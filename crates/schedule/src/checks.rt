// The checks of the call, and the order or a circle.
ghost use Rattle.std.specs.Prelude.{◌≡◌, ◌+◌, ◌*◌, ◌/◌, ◌^◌, ◌<◌, length};
ghost use Rattle.graphs.specs.Graph.{cells_of};
ghost use Rattle.circuit.specs.declared.records.TheConstants.{NODE_WORDS};
ghost use Rattle.schedule.specs.Call.{room, call_fault, circle_fault, graph_in, order_in, leaves, left_by};
ghost use Rattle.schedule.specs.Records.{Orderable};

use crate::reads::Netlist;
use circuit::check::check_records;
use circuit::nodes::Nodes;
use circuit::records::NODE_WORDS;
use circuit::refusals::Refusal;
use graphs::READS;
use ordering::taking::{count_cells, fresh_order};
use ordering::widths::{KEY_WORDS, READY_WORDS};
use std::num::NonZeroUsize;

// Whether the areas have room for n nodes.
pub fn has_room(n: usize, ready: usize, successors: usize, order: usize) -> bool
    requires { NODE_WORDS * n < 2 ^ 64 }
    ensures { result ≡ room n ready successors order }
{
    READY_WORDS * n <= ready && READS * n < successors && n <= order
}

// 15, 18, 19, 3: the areas by their sizes. Nodes and outputs come as two slices, as the C interface lends them: whether they are whole records is asked here.
pub fn call_fault(
    nodes: &[usize],
    outputs: &[usize],
    window: usize,
    keys: &[u32],
    ready: usize,
    successors: usize,
    order: usize,
) -> Result<(), Refusal>
    ensures { result ≡ call_fault nodes.now outputs.now window keys.now ready successors order }
{
    check_records(nodes, outputs)?;
    if window == 0 {
        return Err(Refusal::NoWindow);
    }
    let n = nodes.len() / NODE_WORDS;
    if keys.len() != KEY_WORDS * n {
        return Err(Refusal::WrongValues);
    }
    if !has_room(n, ready, successors, order) {
        return Err(Refusal::NoRoom);
    }
    Ok(())
}

// The order, or 17 where some cells read in a circle. Nodes and areas come as the C interface lends them.
pub fn order_or_circle(
    nodes: &[usize],
    keys: &[u32],
    window: usize,
    ready: &mut [usize],
    successors: &mut [usize],
    order: &mut [usize],
) -> Result<usize, Refusal>
    requires { Orderable nodes.now (length keys.now) window (length ready.old) (length successors.old) (length order.old) }
    ensures { leaves result ready.new successors.new order.new ≡ left_by (circle_fault nodes.now (length nodes.now / NODE_WORDS) window keys.now) (length (cells_of (graph_in nodes.now (length nodes.now / NODE_WORDS)))) (order_in nodes.now (length nodes.now / NODE_WORDS) window keys.now) (length ready.old) (length successors.old) (length order.old) }
{
    let netlist = Netlist {
        nodes: Nodes::of(nodes),
    };
    let window = NonZeroUsize::new(window).unwrap();
    let taken = fresh_order(&netlist, keys, window, ready, successors, order);
    ready.fill(0);
    successors.fill(0);
    if taken != count_cells(&netlist) {
        order.fill(0);
        return Err(Refusal::Circle);
    }
    Ok(taken)
}
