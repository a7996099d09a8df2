// What is promised of the schedule.
ghost use Rattle.schedule.specs.Promises.{SchedulePromised, StoredAtWindowOne};

// Each cell once and after those that it reads, the greatest key of those that a step may take, 17 exactly if some read in a circle.
pub fn schedule_promised()
    ensures { SchedulePromised }
{}

// With window 1 the cells in storage order, for all keys.
pub fn stored_at_window_one()
    ensures { StoredAtWindowOne }
{}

———

Check the data for the word "lends" and pull out the lines that have it.

// 15, 18, 19, 3: the areas by their sizes. Nodes and outputs come as two slices, as the C interface lends them: whether they are whole records is asked here.
// The order, or 17 where some cells read in a circle. Nodes and areas come as the C interface lends them.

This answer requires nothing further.